7 commentaires à propos de “transversales #06 | deux ou trois choses que je découvre”

  1. Merci Danièle c’est comme se plonger dans des eaux claires. Ça fait réfléchir. Merci. ( et bonne signature)

    • Merci Nathalie, j’aime bien cette idée de plonger dans les eaux claires, mais clair, trop clair, un besoin de comprendre , d’analyser qui m’éloigne du laisser -faire, lâcher prise (cf le commentaire que je viens de te faire grâce à ton texte qui me permet de la formuler)

      • j’ai fréquenté l’eau des marais (salants) avec ces grandes nappes rosées au levant. quand on marche dedans une terre douce et grise brouille l’eau . J’aime aussi celle des creux d’eau dans la roche, transparente mais glaciale . Claire, si claire . J’aimerais tant pouvoir m’y tremper et demeurer (mais j’ai froid ) il existe encore pas mal de possibilités de baignades ce qui est rassurant…

  2. Merci Danièle ,c’est clair, net et précis, comme K.O, un K.O mystérieux. C’est bien les mystères.
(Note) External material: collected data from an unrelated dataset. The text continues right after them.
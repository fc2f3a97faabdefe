// The versions of certificates.
ghost use Rattle.std.specs.Prelude.{◌≡◌, ◌∷◌, []};
ghost use Rattle.fd_certfile.specs.Certificates.{version_in};
ghost use Rattle.fd_certfile.specs.Views.{view};

use crate::line::Line;

/// The form in which a certificate has the rows of its inverses. In all else its versions are alike.
#[derive(Clone, Copy, Debug, Drop)]
pub enum Version {
    /// Version 1: each entry of a row.
    Whole,
    /// Version 2: how many entries of a row aren't 0, and each of these behind its place.
    Sparse,
}

/// The version that a first line names.
pub(crate) fn version_named(line: &Line<'_>) -> Option<Version>
    ensures { result ≡ version_in (view line.now ∷ []) }
{
    match line {
        Line::Header(1) => Some(Version::Whole),
        Line::Header(2) => Some(Version::Sparse),
        _ => None,
    }
}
    • Trop clair, net, précis. je n’y peux rien, c’est peut-être cela qu’il faut que je travaille : me laisser envahir par du plus flou, des images moins précises, des mots plus mystérieux. Le K.O. que j’évoque, c’est un texte d’une participante auquel je ne comprends pas grand chose…et pourtant !

  3. Merci Danièle pour ce texte qui remet évidence. Toutes ces questions qu’il faut repousser chaque instant pour continuer à oser écrire, toi, tu les exposes clairement et sincèrement. Se plonger dans des eaux claires, Nathalie a raison. Et la passage au quotidien si attractif après les questions, humour et douceur de la transition comme remettre les pieds sur terre.

    • Merci Anne de ta lecture. Il y a tant à découvrir sur soi dans l’écriture. ce n’est pas la première fois que les ateliers nous proposent cette interrogation. J’y vais chaque fois… sans prendre le temps d’aller rechercher ce que j’ai écrit la fois précédente.